## [RECORD SET]
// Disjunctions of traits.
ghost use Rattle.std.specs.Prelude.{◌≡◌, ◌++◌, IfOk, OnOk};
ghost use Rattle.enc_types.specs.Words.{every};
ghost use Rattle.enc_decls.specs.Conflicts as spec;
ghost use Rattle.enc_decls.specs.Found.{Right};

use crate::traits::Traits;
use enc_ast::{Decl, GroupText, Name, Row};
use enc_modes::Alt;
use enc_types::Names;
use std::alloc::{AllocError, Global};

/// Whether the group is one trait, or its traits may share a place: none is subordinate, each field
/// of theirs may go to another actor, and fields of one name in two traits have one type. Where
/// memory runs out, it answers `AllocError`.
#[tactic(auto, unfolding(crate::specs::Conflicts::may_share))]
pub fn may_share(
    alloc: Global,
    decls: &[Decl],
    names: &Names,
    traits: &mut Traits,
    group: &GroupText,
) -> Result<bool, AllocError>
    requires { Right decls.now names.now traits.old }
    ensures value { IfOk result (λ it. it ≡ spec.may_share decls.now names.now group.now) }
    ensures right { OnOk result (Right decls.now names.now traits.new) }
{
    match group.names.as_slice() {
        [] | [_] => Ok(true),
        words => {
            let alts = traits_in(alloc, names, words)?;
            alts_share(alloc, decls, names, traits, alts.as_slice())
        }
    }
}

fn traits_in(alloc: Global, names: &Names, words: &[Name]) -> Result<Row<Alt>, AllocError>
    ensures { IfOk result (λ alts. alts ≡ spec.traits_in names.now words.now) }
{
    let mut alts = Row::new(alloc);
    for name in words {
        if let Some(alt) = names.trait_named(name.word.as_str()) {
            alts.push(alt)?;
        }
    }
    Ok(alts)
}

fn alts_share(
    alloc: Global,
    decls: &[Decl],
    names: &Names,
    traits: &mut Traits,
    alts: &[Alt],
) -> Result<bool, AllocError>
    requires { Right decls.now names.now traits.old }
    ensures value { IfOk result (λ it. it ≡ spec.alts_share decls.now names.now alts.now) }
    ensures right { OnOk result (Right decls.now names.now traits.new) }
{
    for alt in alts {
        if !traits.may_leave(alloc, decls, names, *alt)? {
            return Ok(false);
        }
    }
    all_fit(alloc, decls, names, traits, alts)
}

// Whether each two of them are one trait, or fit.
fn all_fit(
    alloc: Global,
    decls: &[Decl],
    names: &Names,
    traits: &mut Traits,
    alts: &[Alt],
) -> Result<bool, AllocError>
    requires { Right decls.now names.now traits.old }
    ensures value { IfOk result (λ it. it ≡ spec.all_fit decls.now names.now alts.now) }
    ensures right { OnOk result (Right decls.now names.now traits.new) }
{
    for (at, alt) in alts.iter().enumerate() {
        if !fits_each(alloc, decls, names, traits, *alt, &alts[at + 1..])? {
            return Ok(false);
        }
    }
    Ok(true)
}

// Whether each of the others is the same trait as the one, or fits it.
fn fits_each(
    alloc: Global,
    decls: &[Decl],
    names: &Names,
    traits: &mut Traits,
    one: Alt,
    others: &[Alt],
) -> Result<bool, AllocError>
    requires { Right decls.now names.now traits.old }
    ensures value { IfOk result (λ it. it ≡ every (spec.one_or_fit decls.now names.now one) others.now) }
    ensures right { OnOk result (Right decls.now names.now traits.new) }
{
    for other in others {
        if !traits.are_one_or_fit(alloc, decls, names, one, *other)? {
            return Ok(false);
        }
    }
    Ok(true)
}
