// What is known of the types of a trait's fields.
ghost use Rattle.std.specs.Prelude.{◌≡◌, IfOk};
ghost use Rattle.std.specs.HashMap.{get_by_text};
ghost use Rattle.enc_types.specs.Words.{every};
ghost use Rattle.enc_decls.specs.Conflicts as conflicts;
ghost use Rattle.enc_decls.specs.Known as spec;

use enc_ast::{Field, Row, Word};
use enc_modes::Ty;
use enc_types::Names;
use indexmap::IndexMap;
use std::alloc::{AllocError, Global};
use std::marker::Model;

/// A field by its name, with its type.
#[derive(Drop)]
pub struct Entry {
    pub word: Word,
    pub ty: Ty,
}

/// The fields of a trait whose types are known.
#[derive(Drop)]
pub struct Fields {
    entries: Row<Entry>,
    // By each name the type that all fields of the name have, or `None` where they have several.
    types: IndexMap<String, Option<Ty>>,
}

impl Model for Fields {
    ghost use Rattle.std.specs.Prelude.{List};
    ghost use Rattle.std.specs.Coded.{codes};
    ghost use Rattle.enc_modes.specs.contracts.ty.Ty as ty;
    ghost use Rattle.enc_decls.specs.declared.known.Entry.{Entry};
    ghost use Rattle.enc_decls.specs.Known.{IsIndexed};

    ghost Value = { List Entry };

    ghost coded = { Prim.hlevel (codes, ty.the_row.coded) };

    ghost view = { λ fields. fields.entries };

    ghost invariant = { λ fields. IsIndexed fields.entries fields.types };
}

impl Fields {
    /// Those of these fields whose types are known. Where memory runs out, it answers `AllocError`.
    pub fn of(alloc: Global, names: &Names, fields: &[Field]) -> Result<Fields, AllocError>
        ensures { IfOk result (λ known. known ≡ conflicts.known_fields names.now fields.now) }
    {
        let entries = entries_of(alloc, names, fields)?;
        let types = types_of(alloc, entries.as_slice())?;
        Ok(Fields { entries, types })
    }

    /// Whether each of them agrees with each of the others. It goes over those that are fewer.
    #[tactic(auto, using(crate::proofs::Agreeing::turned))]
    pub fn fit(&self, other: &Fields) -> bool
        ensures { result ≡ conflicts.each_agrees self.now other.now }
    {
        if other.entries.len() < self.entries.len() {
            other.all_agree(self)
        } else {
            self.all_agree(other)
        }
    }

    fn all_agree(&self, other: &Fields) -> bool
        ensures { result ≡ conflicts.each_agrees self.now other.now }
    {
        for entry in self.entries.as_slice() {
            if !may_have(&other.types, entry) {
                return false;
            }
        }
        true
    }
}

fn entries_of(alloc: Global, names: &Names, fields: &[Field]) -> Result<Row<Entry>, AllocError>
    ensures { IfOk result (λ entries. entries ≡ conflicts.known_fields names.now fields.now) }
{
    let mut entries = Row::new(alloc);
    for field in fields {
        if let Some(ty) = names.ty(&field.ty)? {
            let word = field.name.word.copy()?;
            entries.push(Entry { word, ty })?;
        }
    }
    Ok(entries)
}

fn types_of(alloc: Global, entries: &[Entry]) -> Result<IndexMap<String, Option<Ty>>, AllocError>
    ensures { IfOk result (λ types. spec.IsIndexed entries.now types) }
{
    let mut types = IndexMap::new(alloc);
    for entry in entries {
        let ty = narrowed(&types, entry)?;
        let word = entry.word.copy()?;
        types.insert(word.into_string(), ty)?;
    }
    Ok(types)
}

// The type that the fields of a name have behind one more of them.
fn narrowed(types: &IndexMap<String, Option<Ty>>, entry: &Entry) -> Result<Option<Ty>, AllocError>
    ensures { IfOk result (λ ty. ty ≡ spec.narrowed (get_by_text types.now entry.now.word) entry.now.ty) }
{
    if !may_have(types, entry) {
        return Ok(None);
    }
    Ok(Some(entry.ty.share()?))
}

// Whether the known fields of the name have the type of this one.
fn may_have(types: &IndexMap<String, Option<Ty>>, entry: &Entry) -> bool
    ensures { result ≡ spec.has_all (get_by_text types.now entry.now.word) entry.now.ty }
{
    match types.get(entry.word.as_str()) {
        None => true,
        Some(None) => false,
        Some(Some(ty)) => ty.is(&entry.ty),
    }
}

## [HOW TO COMPLETE THIS TASK]
The line with "let ty = narrowed(&types, entry)?;" and all the lines after it in the records above are to be output exactly, with nothing added.

## [EXERCISE SOLUTION]
        let ty = narrowed(&types, entry)?;
        let word = entry.word.copy()?;
        types.insert(word.into_string(), ty)?;
    }
    Ok(types)
}

// The type that the fields of a name have behind one more of them.
fn narrowed(types: &IndexMap<String, Option<Ty>>, entry: &Entry) -> Result<Option<Ty>, AllocError>
    ensures { IfOk result (λ ty. ty ≡ spec.narrowed (get_by_text types.now entry.now.word) entry.now.ty) }
{
    if !may_have(types, entry) {
        return Ok(None);
    }
    Ok(Some(entry.ty.share()?))
}

// Whether the known fields of the name have the type of this one.
fn may_have(types: &IndexMap<String, Option<Ty>>, entry: &Entry) -> bool
    ensures { result ≡ spec.has_all (get_by_text types.now entry.now.word) entry.now.ty }
{
    match types.get(entry.word.as_str()) {
        None => true,
        Some(None) => false,
        Some(Some(ty)) => ty.is(&entry.ty),
    }
}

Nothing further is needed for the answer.